» **AIM OF THE EXERCISE**: Restate all the data word for word, leaving nothing out.
Start of INPUT DATA
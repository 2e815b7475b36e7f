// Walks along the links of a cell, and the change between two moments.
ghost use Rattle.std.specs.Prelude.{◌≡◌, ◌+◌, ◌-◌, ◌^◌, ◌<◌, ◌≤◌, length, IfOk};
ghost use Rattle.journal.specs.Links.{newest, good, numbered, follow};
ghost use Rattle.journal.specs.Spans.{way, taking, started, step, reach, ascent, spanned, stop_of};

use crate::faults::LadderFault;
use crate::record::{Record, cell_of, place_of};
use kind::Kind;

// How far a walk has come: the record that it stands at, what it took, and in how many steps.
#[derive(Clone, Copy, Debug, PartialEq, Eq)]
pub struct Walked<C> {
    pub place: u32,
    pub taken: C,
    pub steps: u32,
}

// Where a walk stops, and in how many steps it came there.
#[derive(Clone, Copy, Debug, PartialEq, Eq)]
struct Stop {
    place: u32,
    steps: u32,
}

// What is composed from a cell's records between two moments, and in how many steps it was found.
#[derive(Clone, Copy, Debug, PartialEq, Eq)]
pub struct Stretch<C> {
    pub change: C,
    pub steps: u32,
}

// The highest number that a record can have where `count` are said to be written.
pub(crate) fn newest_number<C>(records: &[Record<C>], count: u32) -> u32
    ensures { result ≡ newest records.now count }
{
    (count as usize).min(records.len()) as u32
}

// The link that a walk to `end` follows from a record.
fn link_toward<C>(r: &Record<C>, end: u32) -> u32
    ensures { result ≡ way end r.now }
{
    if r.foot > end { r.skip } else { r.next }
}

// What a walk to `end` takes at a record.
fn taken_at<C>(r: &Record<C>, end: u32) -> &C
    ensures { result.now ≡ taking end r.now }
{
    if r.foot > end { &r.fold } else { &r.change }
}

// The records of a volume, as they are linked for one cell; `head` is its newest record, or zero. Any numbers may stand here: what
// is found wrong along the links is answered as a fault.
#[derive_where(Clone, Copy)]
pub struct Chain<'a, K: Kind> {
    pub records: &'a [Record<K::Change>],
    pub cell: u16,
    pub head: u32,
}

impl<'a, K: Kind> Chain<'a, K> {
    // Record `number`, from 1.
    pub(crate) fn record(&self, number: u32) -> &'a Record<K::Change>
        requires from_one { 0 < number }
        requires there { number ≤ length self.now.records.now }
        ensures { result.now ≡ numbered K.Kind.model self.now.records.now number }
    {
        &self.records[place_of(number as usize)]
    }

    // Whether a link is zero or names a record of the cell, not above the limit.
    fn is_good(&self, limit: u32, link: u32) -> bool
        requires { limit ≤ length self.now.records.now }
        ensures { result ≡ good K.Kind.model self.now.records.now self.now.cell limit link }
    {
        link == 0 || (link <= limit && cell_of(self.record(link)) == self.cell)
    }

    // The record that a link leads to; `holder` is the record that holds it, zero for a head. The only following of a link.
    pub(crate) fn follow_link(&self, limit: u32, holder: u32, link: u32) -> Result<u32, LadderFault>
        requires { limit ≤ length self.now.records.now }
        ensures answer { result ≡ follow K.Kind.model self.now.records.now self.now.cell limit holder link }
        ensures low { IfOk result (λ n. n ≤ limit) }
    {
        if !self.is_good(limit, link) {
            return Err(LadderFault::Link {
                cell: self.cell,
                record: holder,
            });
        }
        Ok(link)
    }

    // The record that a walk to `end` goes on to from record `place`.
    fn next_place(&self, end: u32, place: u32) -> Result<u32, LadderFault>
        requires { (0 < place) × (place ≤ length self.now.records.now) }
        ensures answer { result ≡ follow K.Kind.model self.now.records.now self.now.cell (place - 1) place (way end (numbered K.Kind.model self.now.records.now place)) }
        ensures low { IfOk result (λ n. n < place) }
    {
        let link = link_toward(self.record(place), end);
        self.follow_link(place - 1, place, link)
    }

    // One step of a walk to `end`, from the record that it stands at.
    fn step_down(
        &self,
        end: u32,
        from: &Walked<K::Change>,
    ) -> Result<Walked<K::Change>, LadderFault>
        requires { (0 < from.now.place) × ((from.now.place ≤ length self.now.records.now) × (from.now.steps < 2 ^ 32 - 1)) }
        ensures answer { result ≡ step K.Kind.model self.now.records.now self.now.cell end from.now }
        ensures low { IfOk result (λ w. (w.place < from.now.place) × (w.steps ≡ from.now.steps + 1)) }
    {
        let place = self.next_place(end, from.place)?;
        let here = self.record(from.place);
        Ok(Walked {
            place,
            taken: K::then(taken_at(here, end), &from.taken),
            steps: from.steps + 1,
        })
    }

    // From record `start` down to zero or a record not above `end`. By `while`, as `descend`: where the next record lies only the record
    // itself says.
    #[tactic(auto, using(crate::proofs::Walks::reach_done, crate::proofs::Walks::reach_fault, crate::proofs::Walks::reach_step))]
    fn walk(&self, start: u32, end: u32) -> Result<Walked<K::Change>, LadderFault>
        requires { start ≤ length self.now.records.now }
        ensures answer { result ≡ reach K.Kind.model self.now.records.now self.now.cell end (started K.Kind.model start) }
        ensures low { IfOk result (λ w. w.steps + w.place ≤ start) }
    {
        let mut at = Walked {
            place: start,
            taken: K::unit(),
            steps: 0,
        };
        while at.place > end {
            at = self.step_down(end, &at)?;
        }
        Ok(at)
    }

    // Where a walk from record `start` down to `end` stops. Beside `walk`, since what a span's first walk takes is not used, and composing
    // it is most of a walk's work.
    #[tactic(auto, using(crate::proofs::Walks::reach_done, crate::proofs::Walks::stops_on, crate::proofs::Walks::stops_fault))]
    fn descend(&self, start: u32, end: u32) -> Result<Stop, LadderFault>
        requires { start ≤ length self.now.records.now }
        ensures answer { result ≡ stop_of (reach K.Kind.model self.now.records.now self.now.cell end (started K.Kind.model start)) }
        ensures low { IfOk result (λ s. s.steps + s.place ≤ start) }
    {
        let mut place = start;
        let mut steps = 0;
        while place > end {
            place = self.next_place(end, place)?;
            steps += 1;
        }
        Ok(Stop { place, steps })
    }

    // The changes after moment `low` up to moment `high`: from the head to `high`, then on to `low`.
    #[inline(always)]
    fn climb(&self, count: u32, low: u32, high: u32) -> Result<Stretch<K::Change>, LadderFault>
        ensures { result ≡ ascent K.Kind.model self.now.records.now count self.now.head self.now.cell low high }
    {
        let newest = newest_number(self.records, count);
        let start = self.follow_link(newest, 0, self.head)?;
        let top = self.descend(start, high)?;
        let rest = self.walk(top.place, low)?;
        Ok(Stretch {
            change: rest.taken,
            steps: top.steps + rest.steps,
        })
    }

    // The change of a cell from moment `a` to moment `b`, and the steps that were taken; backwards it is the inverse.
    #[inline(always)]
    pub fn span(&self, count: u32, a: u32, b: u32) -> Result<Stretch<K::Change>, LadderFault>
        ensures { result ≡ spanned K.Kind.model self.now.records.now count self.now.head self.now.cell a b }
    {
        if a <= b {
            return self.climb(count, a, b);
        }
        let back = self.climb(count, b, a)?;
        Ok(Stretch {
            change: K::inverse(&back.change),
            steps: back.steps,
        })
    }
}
End of INPUT DATA
» **RESULT OF THE EXERCISE**:
repository 2e815b7475b36e7f
// Walks along the links of a cell, and the change between two moments.
ghost use Rattle.std.specs.Prelude.{◌≡◌, ◌+◌, ◌-◌, ◌^◌, ◌<◌, ◌≤◌, length, IfOk};
ghost use Rattle.journal.specs.Links.{newest, good, numbered, follow};
ghost use Rattle.journal.specs.Spans.{way, taking, started, step, reach, ascent, spanned, stop_of};

use crate::faults::LadderFault;
use crate::record::{Record, cell_of, place_of};
use kind::Kind;

// How far a walk has come: the record that it stands at, what it took, and in how many steps.
#[derive(Clone, Copy, Debug, PartialEq, Eq)]
pub struct Walked<C> {
    pub place: u32,
    pub taken: C,
    pub steps: u32,
}

// Where a walk stops, and in how many steps it came there.
#[derive(Clone, Copy, Debug, PartialEq, Eq)]
struct Stop {
    place: u32,
    steps: u32,
}

// What is composed from a cell's records between two moments, and in how many steps it was found.
#[derive(Clone, Copy, Debug, PartialEq, Eq)]
pub struct Stretch<C> {
    pub change: C,
    pub steps: u32,
}

// The highest number that a record can have where `count` are said to be written.
pub(crate) fn newest_number<C>(records: &[Record<C>], count: u32) -> u32
    ensures { result ≡ newest records.now count }
{
    (count as usize).min(records.len()) as u32
}

// The link that a walk to `end` follows from a record.
fn link_toward<C>(r: &Record<C>, end: u32) -> u32
    ensures { result ≡ way end r.now }
{
    if r.foot > end { r.skip } else { r.next }
}

// What a walk to `end` takes at a record.
fn taken_at<C>(r: &Record<C>, end: u32) -> &C
    ensures { result.now ≡ taking end r.now }
{
    if r.foot > end { &r.fold } else { &r.change }
}

// The records of a volume, as they are linked for one cell; `head` is its newest record, or zero. Any numbers may stand here: what
// is found wrong along the links is answered as a fault.
#[derive_where(Clone, Copy)]
pub struct Chain<'a, K: Kind> {
    pub records: &'a [Record<K::Change>],
    pub cell: u16,
    pub head: u32,
}

impl<'a, K: Kind> Chain<'a, K> {
    // Record `number`, from 1.
    pub(crate) fn record(&self, number: u32) -> &'a Record<K::Change>
        requires from_one { 0 < number }
        requires there { number ≤ length self.now.records.now }
        ensures { result.now ≡ numbered K.Kind.model self.now.records.now number }
    {
        &self.records[place_of(number as usize)]
    }

    // Whether a link is zero or names a record of the cell, not above the limit.
    fn is_good(&self, limit: u32, link: u32) -> bool
        requires { limit ≤ length self.now.records.now }
        ensures { result ≡ good K.Kind.model self.now.records.now self.now.cell limit link }
    {
        link == 0 || (link <= limit && cell_of(self.record(link)) == self.cell)
    }

    // The record that a link leads to; `holder` is the record that holds it, zero for a head. The only following of a link.
    pub(crate) fn follow_link(&self, limit: u32, holder: u32, link: u32) -> Result<u32, LadderFault>
        requires { limit ≤ length self.now.records.now }
        ensures answer { result ≡ follow K.Kind.model self.now.records.now self.now.cell limit holder link }
        ensures low { IfOk result (λ n. n ≤ limit) }
    {
        if !self.is_good(limit, link) {
            return Err(LadderFault::Link {
                cell: self.cell,
                record: holder,
            });
        }
        Ok(link)
    }

    // The record that a walk to `end` goes on to from record `place`.
    fn next_place(&self, end: u32, place: u32) -> Result<u32, LadderFault>
        requires { (0 < place) × (place ≤ length self.now.records.now) }
        ensures answer { result ≡ follow K.Kind.model self.now.records.now self.now.cell (place - 1) place (way end (numbered K.Kind.model self.now.records.now place)) }
        ensures low { IfOk result (λ n. n < place) }
    {
        let link = link_toward(self.record(place), end);
        self.follow_link(place - 1, place, link)
    }

    // One step of a walk to `end`, from the record that it stands at.
    fn step_down(
        &self,
        end: u32,
        from: &Walked<K::Change>,
    ) -> Result<Walked<K::Change>, LadderFault>
        requires { (0 < from.now.place) × ((from.now.place ≤ length self.now.records.now) × (from.now.steps < 2 ^ 32 - 1)) }
        ensures answer { result ≡ step K.Kind.model self.now.records.now self.now.cell end from.now }
        ensures low { IfOk result (λ w. (w.place < from.now.place) × (w.steps ≡ from.now.steps + 1)) }
    {
        let place = self.next_place(end, from.place)?;
        let here = self.record(from.place);
        Ok(Walked {
            place,
            taken: K::then(taken_at(here, end), &from.taken),
            steps: from.steps + 1,
        })
    }

    // From record `start` down to zero or a record not above `end`. By `while`, as `descend`: where the next record lies only the record
    // itself says.
    #[tactic(auto, using(crate::proofs::Walks::reach_done, crate::proofs::Walks::reach_fault, crate::proofs::Walks::reach_step))]
    fn walk(&self, start: u32, end: u32) -> Result<Walked<K::Change>, LadderFault>
        requires { start ≤ length self.now.records.now }
        ensures answer { result ≡ reach K.Kind.model self.now.records.now self.now.cell end (started K.Kind.model start) }
        ensures low { IfOk result (λ w. w.steps + w.place ≤ start) }
    {
        let mut at = Walked {
            place: start,
            taken: K::unit(),
            steps: 0,
        };
        while at.place > end {
            at = self.step_down(end, &at)?;
        }
        Ok(at)
    }

    // Where a walk from record `start` down to `end` stops. Beside `walk`, since what a span's first walk takes is not used, and composing
    // it is most of a walk's work.
    #[tactic(auto, using(crate::proofs::Walks::reach_done, crate::proofs::Walks::stops_on, crate::proofs::Walks::stops_fault))]
    fn descend(&self, start: u32, end: u32) -> Result<Stop, LadderFault>
        requires { start ≤ length self.now.records.now }
        ensures answer { result ≡ stop_of (reach K.Kind.model self.now.records.now self.now.cell end (started K.Kind.model start)) }
        ensures low { IfOk result (λ s. s.steps + s.place ≤ start) }
    {
        let mut place = start;
        let mut steps = 0;
        while place > end {
            place = self.next_place(end, place)?;
            steps += 1;
        }
        Ok(Stop { place, steps })
    }

    // The changes after moment `low` up to moment `high`: from the head to `high`, then on to `low`.
    #[inline(always)]
    fn climb(&self, count: u32, low: u32, high: u32) -> Result<Stretch<K::Change>, LadderFault>
        ensures { result ≡ ascent K.Kind.model self.now.records.now count self.now.head self.now.cell low high }
    {
        let newest = newest_number(self.records, count);
        let start = self.follow_link(newest, 0, self.head)?;
        let top = self.descend(start, high)?;
        let rest = self.walk(top.place, low)?;
        Ok(Stretch {
            change: rest.taken,
            steps: top.steps + rest.steps,
        })
    }

    // The change of a cell from moment `a` to moment `b`, and the steps that were taken; backwards it is the inverse.
    #[inline(always)]
    pub fn span(&self, count: u32, a: u32, b: u32) -> Result<Stretch<K::Change>, LadderFault>
        ensures { result ≡ spanned K.Kind.model self.now.records.now count self.now.head self.now.cell a b }
    {
        if a <= b {
            return self.climb(count, a, b);
        }
        let back = self.climb(count, b, a)?;
        Ok(Stretch {
            change: K::inverse(&back.change),
            steps: back.steps,
        })
    }
}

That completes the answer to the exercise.